2005N-0345 Drug Approvals: Circumstances under which an active ingredient may be simultaneously marketed in both a prescription drug product and an over-the-counter drug product
FDA Comment Number : EC1099
Submitter : Dr. Diana Currie Date & Time: 10/27/2005 12:10:59
Organization : Kaiser Permanente
Category : Health Professional
Issue Areas/Comments
A. Should FDA initiate a rulemaking to codify its interpretation of section 503(b) of the action regarding when an active ingredient can be simultaneously marketed in both prescription drug product and an OTC drug product?

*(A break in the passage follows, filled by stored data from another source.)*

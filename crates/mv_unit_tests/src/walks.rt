//! A walk through a call that adopts some of its records and executes the others.

ghost use Rattle.std.specs.Prelude.{◌≡◌, ◌<◌, ◌≤◌, ◌+◌, IfOk, OnOk, false, true, length};
ghost use Rattle.mv_values.specs.Tables.{Tables};
ghost use Rattle.mv_record.specs.Writes.{AreRising};
ghost use Rattle.mv_graph.specs.Nodes.{IsSound, meaning_of};
ghost use Rattle.mv_record.specs.Databases.{IsDatabaseOf};
ghost use Rattle.mv_effect.specs.Looking.{IsSameView};
ghost use Rattle.mv_exec.specs.Running.{IsTaskOf, IsTaskOn};

use mv_exec::running::{adopt, calls_end_exactly, finish, next};
use mv_exec::task::Task;
use mv_graph::graph::Graph;
use mv_log::log::Log;
use mv_values::calls::Call;
use mv_values::memory::NoMemory;
use mv_values::rows::Database;
use mv_view::plain::Plain;
use mv_view::view::{Refused, View};
use std::alloc::Global;

/// Whether a walk adopts the record with this number: it adopts so many first ones, and then every other one.
pub(crate) fn is_adopted(number: usize, first: usize) -> bool {
    number < first || number % 2 == 1
}

/// Returns the number of the next record.
pub(crate) fn next_number(task: &Task) -> Result<u32, NoMemory>
    ensures { IfOk result (λ n. n ≡ length task.now.log.records) }
{
    let Ok(number) = u32::try_from(task.records().len()) else {
        return Err(NoMemory);
    };
    Ok(number)
}

/// Adopts the record of the run before the repair that has the next number.
fn adopt_next(alloc: Global, graph: &Graph, call: &Call, task: &mut Task) -> Result<(), NoMemory>
    requires sound { IsSound graph.now }
    requires call { IsTaskOf graph.now call.now task.old }
    requires live { task.old.ended ≡ false }
    requires within { length task.old.log.records < length task.old.log.past }
    requires rises { task.old.log.kept ≤ length task.old.log.records }
    ensures on { OnOk result ((db : Tables) → AreRising db → IsTaskOn graph.now call.now db task.old → task.old.log.past ≡ (meaning_of graph.now call.now db).records → IsTaskOn graph.now call.now db task.new) }
    ensures longer { OnOk result (length task.new.log.records ≡ length task.old.log.records + 1) }
    ensures past { task.new.log.past ≡ task.old.log.past }
    ensures rises { OnOk result (task.new.log.kept ≤ length task.new.log.records) }
{
    let number = next_number(task)?;
    adopt(alloc, graph, task, number)?;
    Ok(())
}

/// Adopts the next record of the run before the repair, or executes the next statement.
fn step<'s, V: View<'s>>(
    alloc: Global,
    graph: &Graph,
    call: &Call,
    task: &mut Task,
    first: usize,
    view: &mut V,
) -> Result<(), Refused>
    requires sound { IsSound graph.now }
    requires database { IsDatabaseOf graph.now.tables (V.sight view.old).database }
    requires on { IsTaskOn graph.now call.now (V.sight view.old).database task.old }
    requires live { task.old.ended ≡ false }
    requires past { task.old.log.past ≡ (meaning_of graph.now call.now (V.sight view.old).database).records }
    requires rises { task.old.log.kept ≤ length task.old.log.records }
    ensures on { OnOk result (IsTaskOn graph.now call.now (V.sight view.old).database task.new) }
    ensures same { IsSameView (V.sight view.old) (V.sight view.new) }
    ensures longer { OnOk result (length task.new.log.records ≡ length task.old.log.records + 1) }
    ensures past { OnOk result (task.new.log.past ≡ task.old.log.past) }
    ensures rises { OnOk result (task.new.log.kept ≤ length task.new.log.records) }
{
    if is_adopted(task.records().len(), first) {
        calls_end_exactly();
        adopt_next(alloc, graph, call, task)?;
        return Ok(());
    }
    next(alloc, graph, task, view)?;
    Ok(())
}

/// Walks a call to its end by `adopt` and `next` in turns. The records that it adopts are those of the run before the
/// repair, which was one on the view's database. They aren't checked.
fn walk<'s, V: View<'s>>(
    alloc: Global,
    graph: &Graph,
    call: &Call,
    task: &mut Task,
    first: usize,
    view: &mut V,
) -> Result<(), Refused>
    requires sound { IsSound graph.now }
    requires database { IsDatabaseOf graph.now.tables (V.sight view.old).database }
    requires on { IsTaskOn graph.now call.now (V.sight view.old).database task.old }
    requires past { task.old.log.past ≡ (meaning_of graph.now call.now (V.sight view.old).database).records }
    requires rises { task.old.log.kept ≤ length task.old.log.records }
    ensures records { OnOk result (task.new.log.records ≡ (meaning_of graph.now call.now (V.sight view.old).database).records) }
    ensures ended { OnOk result (task.new.ended ≡ true) }
{
    while !task.ended() {
        step(alloc, graph, call, task, first, view)?;
    }
    calls_end_exactly();
    Ok(())
}

/// Returns a call that has run to its end.
pub(crate) fn run(
    alloc: Global,
    graph: &Graph,
    call: &Call,
    database: &Database,
) -> Result<Task, Refused>
    requires sound { IsSound graph.now }
    requires arguments { length call.now.arguments ≡ length graph.now.procedure.params }
    requires database { IsDatabaseOf graph.now.tables database.now }
    ensures call { IfOk result (IsTaskOf graph.now call.now) }
    ensures records { IfOk result (λ task. task.log.records ≡ (meaning_of graph.now call.now database.now).records) }
{
    let mut task = Task::new(alloc, graph, call, Log::new(alloc))?;
    let mut view = Plain::new(database);
    finish(alloc, graph, &mut task, &mut view)?;
    Ok(task)
}

/// Runs a call to its end, begins a repair, and walks through it with the records of the first run.
pub(crate) fn run_and_walk(
    alloc: Global,
    graph: &Graph,
    call: &Call,
    database: &Database,
    first: usize,
) -> Result<Task, Refused>
    requires sound { IsSound graph.now }
    requires arguments { length call.now.arguments ≡ length graph.now.procedure.params }
    requires database { IsDatabaseOf graph.now.tables database.now }
    ensures records { IfOk result (λ task. task.log.records ≡ (meaning_of graph.now call.now database.now).records) }
    ensures ended { IfOk result (λ task. task.ended ≡ true) }
{
    let mut task = run(alloc, graph, call, database)?;
    task.begin_repair();
    let mut view = Plain::new(database);
    walk(alloc, graph, call, &mut task, first, &mut view)?;
    Ok(task)
}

Plan B is completely harmless - THERE ARE NO MEDICAL CONTRAINICATIONS AT ALL. There is no reason to restrict it to any age menstruating female. Young teens, older teens and adults all have no medical contraindications - IT IS COMPLETELY SAFE!!!!!
B. Is there significant confusion regarding FDA's interpretation of section 503(b) of the act?
I think it is on purpose just to prevent the FDA from making plan B OTC - LIKE IT IS IN MOST EUROPEAN NATIONS!!!!
A. If FDA limited sale of an OTC product to a particular subpopulation, e.g., by making the product available to the subpopulation by prescription only, would FDA be able to enforce such a limitation as a matter of law?
probably, just the way it is done with cigarettes and alcohol. - both of which are far more dangerous and deadly that Plan B.
A. Assuming it is legal to market the same active ingredient in both a prescription and OTC product, may the different products be legally sold in the same package?
B. If the two products may be lawfully sold in a single package, under what circumstances would it be inappropriate to do so?